Task: Nothing outside the range is wanted. Repeat exactly the lines below from the one with "fn power(n: f64) -> f64" through the one with "fn exp_within(v: f64) -> f64".

Start of Record excerpts

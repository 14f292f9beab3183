// Degrees as typed and radians as worked: two types that meet only through the functions here.
ghost use Rattle.std.specs.Prelude.{◌≡◌};
ghost use Rattle.base.specs.Angle.{radians_of, degrees_of};

use crate::constants::{D2R, R2D};

#[derive(Clone, Copy)]
pub struct Degrees(pub f32);

#[derive(Clone, Copy)]
pub struct Radians(pub f32);

impl Degrees {
    // The angle in radians: the degrees times D2R, rounded once.
    pub fn to_radians(self) -> Radians
        ensures { result ≡ radians_of self }
    {
        Radians(self.0 * D2R)
    }
}

impl Radians {
    // The angle in degrees: the radians times R2D, rounded once.
    pub fn to_degrees(self) -> Degrees
        ensures { result ≡ degrees_of self }
    {
        Degrees(self.0 * R2D)
    }
}
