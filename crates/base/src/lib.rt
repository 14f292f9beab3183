// Arithmetic and files: what the maps and the worksheet stand on.
#![tactic(auto)]

pub mod angle;
pub mod blend;
pub mod constants;
pub mod elementary;
pub mod files;
mod finite;
pub mod index;
pub mod month_file;
pub mod number;
pub mod ranges;
pub mod refusal;
pub mod tables;
pub mod words;
pub mod year;
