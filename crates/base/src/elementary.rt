// Document 01's elementary functions: worked in `f64`, each operation rounded once; an `f32` call
// widens, works and narrows.
ghost use Rattle.std.specs.Prelude.{◌≡◌, ◌*◌, ◌^◌, ◌<◌, ◌≤◌, T, from_bits, fold, reverse};
ghost use Rattle.std.specs.Float.{binary64};
ghost use Rattle.std.specs.Float.Ieee.{le, minus, of_int};
ghost use Rattle.base.specs.Double.{◌⊕◌, fraction};
ghost use Rattle.base.specs.Number.{abs_of};
ghost use Rattle.base.specs.Elementary as steps;
ghost use Rattle.base.specs.Elementary.{turn};
ghost use Rattle.base.specs.Elementary.{near_of, quarter_of, power_of_two, turns_of, reduced_of, sin_series, cos_series, sin_at, cos_at, sin_of, cos_of, half_angle, atan_series, atan_within, atan_from, atan_of, acos_of, exp_within, exp_of, ln_series, ln_sum, ln_of, sin32_of, cos32_of, atan32_of, acos32_of, exp32_of, ln32_of};

use crate::number::{abs64, is_negative, narrow, sqrt64, to_u64, widen};

// The coefficients of the series, lowest term first.
const SIN: [f64; 8] = [
    1.0,
    -0.16666666666666666,
    0.008333333333333333,
    -0.0001984126984126984,
    2.7557319223985893e-6,
    -2.505210838544172e-8,
    1.6059043836821613e-10,
    -7.647163731819816e-13,
];

const COS: [f64; 9] = [
    1.0,
    -0.5,
    0.041666666666666664,
    -0.001388888888888889,
    2.48015873015873e-5,
    -2.755731922398589e-7,
    2.08767569878681e-9,
    -1.1470745597729725e-11,
    4.779477332387385e-14,
];

const ATAN: [f64; 7] = [
    1.0,
    -0.3333333333333333,
    0.2,
    -0.14285714285714285,
    0.1111111111111111,
    -0.09090909090909091,
    0.07692307692307693,
];

const EXP: [f64; 14] = [
    1.0,
    1.0,
    0.5,
    0.16666666666666666,
    0.041666666666666664,
    0.008333333333333333,
    0.001388888888888889,
    0.0001984126984126984,
    2.48015873015873e-5,
    2.7557319223985893e-6,
    2.755731922398589e-7,
    2.505210838544172e-8,
    2.08767569878681e-9,
    1.6059043836821613e-10,
];

const LN: [f64; 16] = [
    1.0,
    0.3333333333333333,
    0.2,
    0.14285714285714285,
    0.1111111111111111,
    0.09090909090909091,
    0.07692307692307693,
    0.06666666666666667,
    0.058823529411764705,
    0.05263157894736842,
    0.047619047619047616,
    0.043478260869565216,
    0.04,
    0.037037037037037035,
    0.034482758620689655,
    0.03225806451612903,
];

// t[0] + x (t[1] + x (t[2] + ..)), from the highest term down.
fn horner(t: &[f64], x: f64) -> f64
    ensures { result ≡ steps.horner t.now x }
{
    match t.split_last() {
        Some((highest, lower)) => from_highest(*highest, lower, x),
        None => 0.0,
    }
}

// The same sum, the highest term being known.
fn from_highest(highest: f64, lower: &[f64], x: f64) -> f64
    ensures { result ≡ fold (turn x) highest (reverse lower.now) }
{
    lower.iter().rev().fold(highest, |s, c| s * x + *c)
}

// y, shifted so that the nearest whole number stands in the last digits, where y is small enough.
fn shifted(y: f64) -> f64
    ensures { result ≡ y ⊕ fraction 6755399441055744 1 }
{
    y + 6755399441055744.0
}

// y to the nearest whole number, where it is small enough.
fn near(y: f64) -> f64
    ensures { result ≡ near_of y }
{
    shifted(y) - 6755399441055744.0
}

// The whole number nearest to y modulo 4, from 0 to 3 for a negative one too.
fn quarter(y: f64) -> u64
    requires { T (le (abs_of y) (fraction 1024 1)) }
    ensures { result ≡ quarter_of (near_of y) }
{
    shifted(y).to_bits() % 4
}

// v without n quarter turns.
fn reduced(v: f64, n: f64) -> f64
    ensures { result ≡ reduced_of v n }
{
    (v - n * 1.5707963267948966) - n * 6.123233995736766e-17
}

// An angle as quarter turns, from 0 to 3 of them, and a rest.
#[derive(Clone, Copy)]
struct Turned {
    quarter: u64,
    rest: f64,
}

// v as the nearest quarter turns, modulo 4, and what v is without them.
fn split(v: f64) -> Turned
    requires { T (le (abs_of v) (fraction 1000 1)) }
    ensures quarter { result.quarter ≡ quarter_of (turns_of v) }
    ensures rest { result.rest ≡ reduced_of v (turns_of v) }
{
    let y = v * 0.6366197723675814;
    Turned {
        quarter: quarter(y),
        rest: reduced(v, near(y)),
    }
}

// The sine and the cosine of a small a.
fn sin_series(a: f64) -> f64
    ensures { result ≡ sin_series a }
{
    a * horner(&SIN, a * a)
}

fn cos_series(a: f64) -> f64
    ensures { result ≡ cos_series a }
{
    horner(&COS, a * a)
}

fn sin_at(q: u64, a: f64) -> f64
    ensures { result ≡ sin_at q a }
{
    match q {
        0 => sin_series(a),
        1 => cos_series(a),
        2 => -sin_series(a),
        _ => -cos_series(a),
    }
}

fn cos_at(q: u64, a: f64) -> f64
    ensures { result ≡ cos_at q a }
{
    match q {
        0 => cos_series(a),
        1 => -sin_series(a),
        2 => -cos_series(a),
        _ => sin_series(a),
    }
}

// The sine of v radians, by document 01's steps; a NaN for a NaN and for v beyond 1000 in size.
pub fn sin64(v: f64) -> f64
    ensures { result ≡ sin_of v }
{
    if abs64(v) <= 1000.0 {
        let t = split(v);
        sin_at(t.quarter, t.rest)
    } else {
        f64::NAN
    }
}

// The cosine of v, in radians, by document 01's steps; a NaN for a NaN and for v beyond 1000 in
// size.
pub fn cos64(v: f64) -> f64
    ensures { result ≡ cos_of v }
{
    if abs64(v) <= 1000.0 {
        let t = split(v);
        cos_at(t.quarter, t.rest)
    } else {
        f64::NAN
    }
}

// The tangent of half the angle whose tangent is a.
fn half_angle(a: f64) -> f64
    ensures { result ≡ half_angle a }
{
    a / (1.0 + sqrt64(1.0 + a * a))
}

// The arc tangent of a small a.
fn atan_series(a: f64) -> f64
    ensures { result ≡ atan_series a }
{
    a * horner(&ATAN, a * a)
}

// The arc tangent of an a from 0 to 1.
fn atan_within(a: f64) -> f64
    ensures { result ≡ atan_within a }
{
    atan_series(half_angle(half_angle(half_angle(a)))) * 8.0
}

// The arc tangent of an a of no sign.
fn atan_from(a: f64) -> f64
    ensures { result ≡ atan_from a }
{
    if a > 1.0 {
        1.5707963267948966 - atan_within(1.0 / a)
    } else {
        atan_within(a)
    }
}

// The arc tangent of v, in radians, by document 01's steps; a NaN for a NaN.
pub fn atan64(v: f64) -> f64
    ensures { result ≡ atan_of v }
{
    let t = atan_from(abs64(v));
    if is_negative(v) { -t } else { t }
}

// The arc cosine of v, in radians, by document 01's steps; a NaN for a NaN and for v beyond 1 in
// size.
pub fn acos64(v: f64) -> f64
    ensures { result ≡ acos_of v }
{
    if abs64(v) <= 1.0 {
        2.0 * atan64(sqrt64((1.0 - v) / (1.0 + v)))
    } else {
        f64::NAN
    }
}

// 2^k
fn power_up(k: u64) -> f64
    ensures { result ≡ fraction (2 ^ k) 1 }
{
    if k < 1024 {
        f64::from_bits((k + 1023) * 0x10_0000_0000_0000)
    } else {
        f64::INFINITY
    }
}

// 1 / 2^k
fn power_down(k: u64) -> f64
    ensures { result ≡ fraction 1 (2 ^ k) }
{
    if k < 1023 {
        f64::from_bits((1023 - k) * 0x10_0000_0000_0000)
    } else if k < 1075 {
        f64::from_bits(1 << (1074 - k))
    } else {
        0.0
    }
}

// 2^n
fn power(n: f64) -> f64
    ensures { result ≡ power_of_two n }
{
    let k = to_u64(abs64(n));
    if is_negative(n) {
        power_down(k)
    } else {
        power_up(k)
    }
}

// e^v for a v from -700 to 700.
fn exp_within(v: f64) -> f64
    ensures { result ≡ exp_within v }
{
    let n = near(v * 1.4426950408889634);
    horner(&EXP, v - n * 0.6931471805599453) * power(n)
}

// e to the power v, by document 01's steps: infinity above 700, zero below -700, a NaN for a NaN.
pub fn exp64(v: f64) -> f64
    ensures { result ≡ exp_of v }
{
    if v > 700.0 {
        f64::INFINITY
    } else if v < -700.0 {
        0.0
    } else {
        exp_within(v)
    }
}

// The logarithm of (1 + q) / (1 - q), for a small q.
fn ln_series(q: f64) -> f64
    ensures { result ≡ ln_series q }
{
    2.0 * q * horner(&LN, q * q)
}

// k * ln 2 + ln m
fn ln_sum(k: f64, m: f64) -> f64
    ensures { result ≡ ln_sum k m }
{
    k * 0.6931471805599453 + ln_series((m - 1.0) / (m + 1.0))
}

// f - 1075
fn exponent(f: u64) -> f64
    ensures { result ≡ of_int binary64 (minus f 1075) }
{
    if f >= 1075 {
        std::num::nearest_u64_to_f64(f - 1075)
    } else {
        -std::num::nearest_u64_to_f64(1075 - f)
    }
}

// The logarithm of m * 2^(f - 1127), where m has 53 digits.
fn ln_scaled(m: u64, f: u64) -> f64
    requires { (2 ^ 52 ≤ m) × (m < 2 ^ 53) }
    ensures { result ≡ ln_sum (of_int binary64 (minus f 1075)) (fraction m (2 ^ 52)) }
{
    ln_sum(exponent(f), f64::from_bits(m + 0x3fe0_0000_0000_0000))
}

// The logarithm of the positive number whose bits are b.
fn ln_bits(b: u64) -> f64
    requires { (0 < b) × (b < 2047 * 2 ^ 52) }
    ensures { result ≡ ln_of (from_bits binary64 b) }
{
    if b < 0x10_0000_0000_0000 {
        let shift = u64::leading_zeros(b) as u64 - 11;
        ln_scaled(b << shift, 53 - shift)
    } else {
        ln_scaled(
            b % 0x10_0000_0000_0000 + 0x10_0000_0000_0000,
            b / 0x10_0000_0000_0000 + 52,
        )
    }
}

// The natural logarithm of x, by document 01's steps: a NaN for a NaN and below zero, minus
// infinity at either zero, infinity at infinity.
pub fn ln64(x: f64) -> f64
    ensures { result ≡ ln_of x }
{
    if x.is_nan() {
        return x;
    }
    let b = x.to_bits();
    if b % 0x8000_0000_0000_0000 == 0 {
        return f64::NEG_INFINITY;
    }
    if b > 0x8000_0000_0000_0000 {
        return f64::NAN;
    }
    if b == 0x7ff0_0000_0000_0000 {
        return x;
    }
    ln_bits(b)
}

// The sine of x radians: x is widened, `sin64` works it out, and its answer is narrowed.
pub fn sin32(x: f32) -> f32
    ensures { result ≡ sin32_of x }
{
    narrow(sin64(widen(x)))
}

// The cosine of x radians: x is widened, `cos64` works it out, and its answer is narrowed.
pub fn cos32(x: f32) -> f32
    ensures { result ≡ cos32_of x }
{
    narrow(cos64(widen(x)))
}

// The arc tangent of x, in radians: x is widened, `atan64` works it out, and its answer is
// narrowed.
pub fn atan32(x: f32) -> f32
    ensures { result ≡ atan32_of x }
{
    narrow(atan64(widen(x)))
}

// The arc cosine of x, in radians: x is widened, `acos64` works it out, and its answer is narrowed.
pub fn acos32(x: f32) -> f32
    ensures { result ≡ acos32_of x }
{
    narrow(acos64(widen(x)))
}

// e to the power x: x is widened, `exp64` works it out, and its answer is narrowed.
pub fn exp32(x: f32) -> f32
    ensures { result ≡ exp32_of x }
{
    narrow(exp64(widen(x)))
}

// The natural logarithm of x: x is widened, `ln64` works it out, and its answer is narrowed.
pub fn ln32(x: f32) -> f32
    ensures { result ≡ ln32_of x }
{
    narrow(ln64(widen(x)))
}
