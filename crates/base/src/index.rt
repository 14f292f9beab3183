// The index table `ikim` of a month file: its check, and its words.
ghost use Rattle.std.specs.Prelude.{◌≡◌, ℕ, ◌<◌, ◌≤◌, length, slice_index};
ghost use Rattle.base.specs.Number.{signed_of};
ghost use Rattle.base.specs.Words.{word_at};
ghost use Rattle.base.specs.MonthFile.{month_file_size};
ghost use Rattle.base.specs.Index.{ikim_place, ikim_at, index_of, rows, harmonics, exceeds, climbs, good_map, index_check};

use crate::refusal::{Refusal, Verdict};
use crate::tables::IKIM;
use crate::words::{read_words, word};

// The word j of the map k of `ikim`, both counted from 0.
fn ikim_word(month: &[u8], k: usize, j: usize) -> u32
    requires { (k < 6) × (j < 10) }
    ensures { result ≡ word_at month.now (ikim_place k j) }
{
    word(month, IKIM + (k * 10 + j) * 4)
}

// Whether q exceeds p by an even number and is at most 75. A word that is negative as a signed
// number is too large here.
fn is_next(p: u32, q: u32) -> bool
    requires { p ≤ 75 }
    ensures { result ≡ exceeds (signed_of p) (signed_of q) }
{
    p < q && (q - p) % 2 == 0 && q <= 75
}

// Whether the words 1 to 8 of a map climb from its word 0.
fn is_ladder(month: &[u8], k: usize) -> bool
    requires { (k < 6) × (word_at month.now (ikim_place k 0) ≤ 75) }
    ensures { result ≡ climbs (ikim_at month.now k) 8 0 }
{
    let mut p = ikim_word(month, k, 0);
    for j in 0..8 {
        let q = ikim_word(month, k, j + 1);
        if q == p {
            return true;
        }
        if !is_next(p, q) {
            return false;
        }
        p = q;
    }
    true
}

// The rows and the harmonics of each map: two tables, since specs/Index.antt has them as two lists.
const ROWS: [u32; 6] = [55, 61, 55, 76, 49, 22];

const HARMONICS: [u32; 6] = [2, 3, 2, 6, 4, 4];

// Whether the map k is good.
fn is_good(month: &[u8], k: usize) -> bool
    requires { k < 6 }
    ensures { result ≡ good_map (ikim_at month.now k) (slice_index rows k) (slice_index harmonics k) }
{
    ikim_word(month, k, 8) < ROWS[k]
        && ikim_word(month, k, 9) <= HARMONICS[k]
        && (1..=75).contains(&ikim_word(month, k, 0))
        && is_ladder(month, k)
}

// Document 01's index check of a month file: 11 with the lowest bad map, 1 to 6, as its place.
pub fn index_check(month: &[u8]) -> Verdict
    ensures { result ≡ index_check month.now }
{
    for k in 0..6 {
        if !is_good(month, k) {
            return Err(Refusal::Index(k as u32 + 1));
        }
    }
    Ok(())
}

// The words of `ikim`, ten for each of six maps.
pub const INDEX: usize = 60;

pub type IndexTable = [u32; INDEX];

// The 60 words of `ikim`, of a file that was checked. The words that the index check does not leave
// free are the signed ones too.
pub(crate) fn index_of(month: &[u8], out: &mut IndexTable)
    requires { month_file_size ≤ length month.now }
    ensures { out.new ≡ index_of month.now }
{
    read_words(month, IKIM, out);
}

End of Record excerpts

Result of this task:
fn power(n: f64) -> f64
    ensures { result ≡ power_of_two n }
{
    let k = to_u64(abs64(n));
    if is_negative(n) {
        power_down(k)
    } else {
        power_up(k)
    }
}

// e^v for a v from -700 to 700.
fn exp_within(v: f64) -> f64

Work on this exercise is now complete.